Secular power has increased in the West since the Reformation, and religious influence has declined. Secularization means more freedom for individuals -- like the "free speech" which Terry Jones invoked before his bonfire. But it also means social fragmentation, since every person self-actuates.
Islamic communities differ profoundly. The mosque provides a hub; prayers punctuate each day. A deep personal relationship with the Qur’an may result, deeper than most westerners have with any modern words or symbols, except possibly (for a minority) national flags.
Qur’an: Embodying the Word
As church attendance declines, westerners lose touch with communal ritual, and how it strengthens social bonds and rouses deep physical and emotional response.

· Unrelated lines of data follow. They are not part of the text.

//! Tests of Rust ranges such as `2..=6`, and of ranges that reach past the capacity. The expected
//! values are worked out by hand, or, for random sets, by plain loops over 24 flags.

ghost use Rattle.std.specs.Prelude.{◌≤◌, IsTrue};
ghost use Rattle.bittle.specs.Values.{ShapeFits};

use crate::calls::{BACK, Change, FRONT, change_in, ones_in_range, taken};
use crate::checks::same;
use crate::random::draw;
use bittle::{Bits, BitsMut, BitsOwned, Endian, LittleEndian, Set};
use bittle_ext::prelude::*;
use std::ops::{Bound, RangeBounds};

// A word in which bits 1, 5 and 6 are set. In little-endian order, these are bits 6, 2 and 1.
const WORD: u8 = 0b0110_0010;

// Counts the set bits of a range of each form, such as `1..6` and `..=5`, and the unset bits of two
// ranges.
fn counted_in_each_form<B: Bits>(row: &B) -> ([u32; 7], [u32; 2])
    requires { ShapeFits B.Shape row.now }
{
    let after_one = (Bound::Excluded(1u32), Bound::Unbounded);
    let ones = [
        row.count_ones_in_span(1..6),
        row.count_ones_in_span(1..=6),
        row.count_ones_in_span(..5),
        row.count_ones_in_span(..=5),
        row.count_ones_in_span(2..),
        row.count_ones_in_span(..),
        row.count_ones_in_span(after_one),
    ];
    let zeros = [row.count_zeros_in_span(4..), row.count_zeros_in_span(..=2)];
    (ones, zeros)
}

#[test]
fn each_form_of_a_range_is_counted(rt: HostRuntime) {
    same!(rt; counted_in_each_form(&WORD), ([2, 3, 1, 2, 2, 3, 2], [2, 2]));
}

// Counts the set or the unset bits of four ranges that reach past a capacity of 8. Then searches
// five such ranges, and returns whether two more have a set bit.
fn read_past<B: Bits>(row: &B) -> ([u32; 4], [Option<u32>; 5], [bool; 2])
    requires { ShapeFits B.Shape row.now }
{
    let counts = [
        row.count_ones_in_range(6, 900),
        row.count_zeros_in_range(6, 900),
        row.count_ones_in_span(..=u32::MAX),
        row.count_zeros_in_span(8..),
    ];
    let ends = [
        row.first_one_in_range(2, 99),
        row.last_one_in_range(2, 99),
        row.first_zero_in_range(5, u32::MAX),
        row.last_zero_in_range(8, 99),
        row.first_one_in_range(8, 99),
    ];
    let any = [row.any_in_range(7, 99), row.any_in_range(6, 99)];
    (counts, ends, any)
}

#[test]
fn a_range_that_reaches_past_the_capacity_ends_there(rt: HostRuntime) {
    let ends = [Some(5), Some(6), Some(7), None, None];
    same!(rt; read_past(&WORD), ([1, 1, 3, 0], ends, [false, true]));
}

// Counts the bits of a backward range in three ways, and searches it in three ways. Then returns
// whether it has a set bit, whether all its bits are set, and whether all bits of another backward
// range are set.
fn read_backwards<B: Bits>(row: &B) -> ([u32; 3], [Option<u32>; 3], [bool; 3])
    requires { ShapeFits B.Shape row.now }
{
    let counts = [
        row.count_ones_in_range(7, 1),
        row.count_zeros_in_range(7, 1),
        row.within(7, 1).count_ones(),
    ];
    let [item] = ones_in_range(row, 7, 1, [FRONT]);
    let ends = [
        row.first_one_in_range(7, 1),
        row.last_zero_in_range(7, 1),
        item,
    ];
    let answers = [
        row.any_in_range(7, 1),
        row.all_in_range(7, 1),
        row.all_in_range(99, 90),
    ];
    (counts, ends, answers)
}

#[test]
fn a_range_that_runs_backwards_is_empty(rt: HostRuntime) {
    let answers = [false, true, true];
    same!(rt; read_backwards(&WORD), ([0, 0, 0], [None, None, None], answers));
}

// Returns for nine ranges of a set of capacity 8 whether all bits are set. The first three ranges
// end below, at and past the capacity. Of the next three, two end at the capacity, and the third
// ends past it. The last three are the whole set, an empty range at 9, and the index 8 alone.
fn all_of_each<B: Bits>(row: &B) -> ([bool; 3], [bool; 3], [bool; 3])
    requires { ShapeFits B.Shape row.now }
{
    let ranges = [
        row.all_in_range(5, 7),
        row.all_in_range(5, 8),
        row.all_in_range(5, 9),
    ];
    let spans = [
        row.all_in_span(5..),
        row.all_in_span(5..=7),
        row.all_in_span(5..=8),
    ];
    let others = [
        row.all_in_span(..),
        row.all_in_range(9, 9),
        row.all_in_range(8, 9),
    ];
    (ranges, spans, others)
}

#[test]
fn all_of_a_range_is_false_where_an_index_is_past_the_capacity(rt: HostRuntime) {
    let (to_seven, past) = ([true, false, false], [false, true, false]);
    same!(rt; all_of_each(&WORD), (to_seven, [false; 3], past));
    let (to_eight, all) = ([true, true, false], [true, true, false]);
    same!(rt; all_of_each(&0xE0u8), (to_eight, to_eight, past));
    same!(rt; all_of_each(&0xFFu8), (to_eight, to_eight, all));
}

// Returns the last set bit of a view of the range `2..`.
fn last_of_view<B: Bits>(row: &B) -> Option<u32>
    requires { ShapeFits B.Shape row.now }
{
    row.within_span(2..).last_one()
}

// Searches four ranges, and returns the last set bit of a view of the range `2..`. Then counts the
// set bits of a range, and returns whether another range has a set bit.
fn searched<B: Bits>(row: &B) -> ([Option<u32>; 5], u32, bool)
    requires { ShapeFits B.Shape row.now }
{
    let ends = [
        row.first_one_in_span(2..),
        row.last_one_in_span(..=5),
        row.first_zero_in_span(1..),
        row.last_zero_in_span(..6),
        last_of_view(row),
    ];
    (ends, row.count_ones_in_span(3..), row.any_in_span(3..6))
}

#[test]
fn searches_of_a_range_from_the_left(rt: HostRuntime) {
    let ends = [Some(2), Some(2), Some(3), Some(5), Some(6)];
    same!(rt; searched(&Set::new_le(WORD)), (ends, 1, false));
}

// Returns the set bits that an iterator over `2..700` yields. The range reaches past the capacity.
fn ones_past<B: Bits>(row: &B) -> [Option<u32>; 3]
    requires { ShapeFits B.Shape row.now }
{
    ones_in_range(row, 2, 700, [FRONT, BACK, FRONT])
}

// Takes items from an iterator over the unset bits of a range, one from each of `ends` in turn.
fn zeros_in_span<B: Bits, R: RangeBounds<u32>, const N: usize>(
    row: &B,
    range: R,
    ends: [bool; N],
) -> [Option<u32>; N]
    requires fits { ShapeFits B.Shape row.now }
    requires known { R.has_bounds range }
{
    taken(&mut row.iter_zeros_in_span(range), ends)
}

#[test]
fn iterators_over_a_range_past_the_capacity(rt: HostRuntime) {
    same!(rt; ones_past(&WORD), [Some(5), Some(6), None]);
    let view = WORD.in_order::<LittleEndian>();
    let zeros = zeros_in_span(&view, 4.., [FRONT, BACK, BACK]);
    same!(rt; zeros, [Some(4), Some(7), Some(5)]);
}

// A change that clears the first four bits of a set, if its capacity is at least 4.
#[derive(Drop)]
struct ClearFour;

impl Change for ClearFour {
    type Answer = ();

    fn change<B: BitsMut>(&self, set: &mut B) {
        if 4 <= set.bits_capacity() {
            set.clear_span(..4);
        }
    }
}

// Clears the first four bits of a set in the order `E`.
fn with_four_cleared<B: BitsOwned, E: Endian>(mut row: B) -> B
    requires { IsTrue B.indexable }
{
    change_in::<B, E, _>(&ClearFour, &mut row);
    row
}

// Returns a set after the change that `kind` picks, or unchanged if its capacity is below 16. Each
// change has a range of another form.
fn after_span<B: BitsMut>(kind: u32, set: B) -> B
    requires { ShapeFits B.Shape set }
{
    let mut now = set;
    if 16 <= now.bits_capacity() {
        match kind {
            0 => now.set_span(6..=10),
            1 => now.clear_span(..7),
            2 => now.toggle_span(9..),
            _ => now.assign_span(..=8, true),
        }
    }
    now
}

#[test]
fn ranges_are_changed(rt: HostRuntime) {
    let first = after_span(0, [0u8; 2]);
    let second = after_span(1, first);
    let third = after_span(2, second);
    same!(rt; (first, second, third), ([0xC0, 0x07], [0x80, 0x07], [0x80, 0xF9]));
    let fourth = after_span(3, third);
    let fifth = with_four_cleared::<_, LittleEndian>(fourth);
    same!(rt; (fourth, fifth), ([0xFF, 0xF9], [0x0F, 0xF9]));
}

// Returns `none` with the range `6..=10` set, and `all` with the range `..11` cleared.
fn with_and_without<B: BitsOwned>(none: B, all: B) -> [B; 2]
    requires indexable { IsTrue B.indexable }
    requires long { 16 ≤ B.type_capacity }
{
    [none.with_span(6..=10), all.without_span(..11)]
}

// Returns `some` with the range `4..` flipped, and `none` with the range `..3` set.
fn toggled_and_with<B: BitsOwned>(some: B, none: B) -> [B; 2]
    requires indexable { IsTrue B.indexable }
    requires long { 8 ≤ B.type_capacity }
{
    [some.with_span_toggled(4..), none.with_span(..3)]
}

#[test]
fn sets_are_made_of_ranges(rt: HostRuntime) {
    let [with, without] = with_and_without([0u8; 2], [0xFF; 2]);
    same!(rt; (with, without), ([0xC0, 0x07], [0x00, 0xF8]));
    same!(rt; toggled_and_with(0b0011_1100u8, 0), [0b1100_1100, 0b0000_0111]);
    let some = Set::new_le(0b0011_1100u8);
    let [toggled, with] = toggled_and_with(some, Set::new_le(0u8));
    same!(rt; (toggled.into_bits(), with.into_bits()), (0b0011_0011, 0b1110_0000));
}

// Counts bits in two ranges of a set of capacity 0, searches two ranges, and iterates over one.
// Then returns whether all bits of the set are set, whether any bit is set, and whether all bits of
// a range past the capacity are set.
fn read_nothing<B: Bits>(none: &B) -> ([u32; 2], [Option<u32>; 3], [bool; 3])
    requires { ShapeFits B.Shape none.now }
{
    let counts = [none.count_ones_in_range(0, 9), none.count_zeros_in_span(..)];
    let [item] = zeros_in_span(none, ..=5, [FRONT]);
    let items = [
        none.first_one_in_span(..),
        none.last_zero_in_span(3..),
        item,
    ];
    let answers = [
        none.all_in_span(..),
        none.any_in_span(..),
        none.all_in_range(0, 1),
    ];
    (counts, items, answers)
}

// Calls `set_span`, `toggle_span` and `with_span` on a set of capacity 0, and returns the result.
fn change_nothing<B: BitsOwned>(mut none: B) -> B
    requires { IsTrue B.indexable }
{
    none.set_span(..);
    none.toggle_span(0..0);
    none.with_span(..)
}

#[test]
fn ranges_of_no_bits(rt: HostRuntime) {
    let none: [u8; 0] = [];
    let answers = [true, false, false];
    same!(rt; read_nothing(&none), ([0, 0], [None, None, None], answers));
    same!(rt; change_nothing(none), []);
}

// The results of eight calls for a range: how many bits are set, how many are unset, the first and
// the last set bit, the first and the last unset bit, whether any bit is set, and whether all are.
type Answers = ((u32, u32), [Option<u32>; 4], (bool, bool));

// Makes each of the eight calls on a range of a set.
fn answers<B: Bits, R: RangeBounds<u32> + Copy>(row: &B, range: R) -> Answers
    requires fits { ShapeFits B.Shape row.now }
    requires known { R.has_bounds range }
{
    let counts = (
        row.count_ones_in_span(range),
        row.count_zeros_in_span(range),
    );
    let ones = (row.first_one_in_span(range), row.last_one_in_span(range));
    let zeros = (row.first_zero_in_span(range), row.last_zero_in_span(range));
    let ends = [ones.0, ones.1, zeros.0, zeros.1];
    (
        counts,
        ends,
        (row.any_in_span(range), row.all_in_span(range)),
    )
}

// Works out by a loop over the flags what `answers` should return for the range `from..to`.
fn expected(flags: &[bool; 24], from: u32, to: u32) -> Answers {
    let mut counts = (0u32, 0u32);
    let mut ends = [None; 4];
    for index in 0..24u32 {
        if from <= index && index < to {
            let at = if flags[index as usize] { 0 } else { 2usize };
            if ends[at].is_none() {
                ends[at] = Some(index);
            }
            ends[at + 1] = Some(index);
            if at == 0 {
                counts.0 = counts.0.wrapping_add(1);
            } else {
                counts.1 = counts.1.wrapping_add(1);
            }
        }
    }
    let all = from >= to || to <= 24 && counts.1 == 0;
    (counts, ends, (counts.0 > 0, all))
}

// Draws three random bytes, about half of them 255. Returns them and their bits as flags, in
// little-endian order if `left`, else in big-endian order.
fn draw_row(state: &mut u32, left: bool) -> ([u8; 3], [bool; 24]) {
    let mut row = [0u8; 3];
    let mut flags = [false; 24];
    for k in 0..3usize {
        let byte = (draw(state) % 512).min(255) as u8;
        row[k] = byte;
        for i in 0..8usize {
            let place = if left { 7 - i } else { i };
            flags[k * 8 + i] = byte >> place & 1 == 1;
        }
    }
    (row, flags)
}

#[test]
fn drawn_ranges_agree_with_plain_loops_over_flags(rt: HostRuntime) {
    let mut state = 23;
    for _ in 0..500 {
        let (row, flags) = draw_row(&mut state, false);
        let (from, to) = (draw(&mut state) % 30, draw(&mut state) % 30);
        let (start, end) = (Bound::Included(from), Bound::Excluded(to));
        same!(rt; answers(&row, (start, end)), expected(&flags, from, to));
        same!(rt; answers(&row, (start, Bound::Unbounded)), expected(&flags, from, 24));
    }
}

#[test]
fn drawn_ranges_from_the_left_agree_with_plain_loops_over_flags(rt: HostRuntime) {
    let mut state = 29;
    for _ in 0..500 {
        let (row, flags) = draw_row(&mut state, true);
        let set = Set::new_le(row);
        let to = draw(&mut state) % 30;
        let ends = (Bound::Unbounded, Bound::Included(to));
        same!(rt; answers(&set, ends), expected(&flags, 0, to.wrapping_add(1)));
    }
}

In schools like the Afghani Madrassas, students learn the Qur'an first by rote and repetition, reading aloud in company. Mohammad’s Arabic vibrates like a powerful foreign song throughout the classroom. Each recites at his own pace, but they work together. Prayer – turning towards Mecca five times daily – reinforces local solidarity while connecting students to global Islam.
Some rock back and forth while reciting to comfort and aid concentration. As in mystical practices across the planet, rocking, breathing and recitation together may trigger euphoria or rapture.
Such learning conditions create a visceral relationship with the subject. Only extreme military, athletic or artistic training delivers this in western secular life.
In addition, the Arabic of the Qur’an is considered peerless. Believers draw emotional comfort and strength from its beauty and clarity in troubled times. Great dedication ensures that translations are true to its spirit as well as accurate.
How Blasphemy Begets Violence
Islam reveres the Qur'an as the verbatim words of God in which He lay down the bedrock of the Faith -- the Five Pillars of Islam -- and detailed what’s right and what isn’t. Since all wisdom abides there, wantonly destroying a Qur’an is an act of supreme hubris. Such thinking is repeatedly condemned in the text.
Public burning of books signals hatred. An attack on the Qur’an is genuinely experienced by the devout as a personal attack, a genuine hate crime against what is most loved and central.
Some Islamist groups hold that defending Islam itself is “the Sixth Pillar” of Islam, which is another obligation, when Islam is under attack. It has found favor where there has been great political upheaval, such as in Afghanistan, or a long history of suppression, such as Egypt and Chechnya.
It's Not About Freedom
However one feels about the rights or wrongs of this belief, to provoke, out of hatred, those who hold such ideas into vengeful action is to share responsibility for what results. In the interest of our shared future on this planet, which gets smaller every day, we need to tread softly as we respond to the killing of United Nations staff in Afghanistan, and we need to expose disrespectful, provocative acts born of hatred for what they are. Tit-for-tat gets us nowhere. To be great means to be merciful, and to defeat ignorance, bigotry, blame and hatred, however and wherever they arise.
Sources
- Surat-Al-Baraqah, “For tumult and oppression are worse than slaughter"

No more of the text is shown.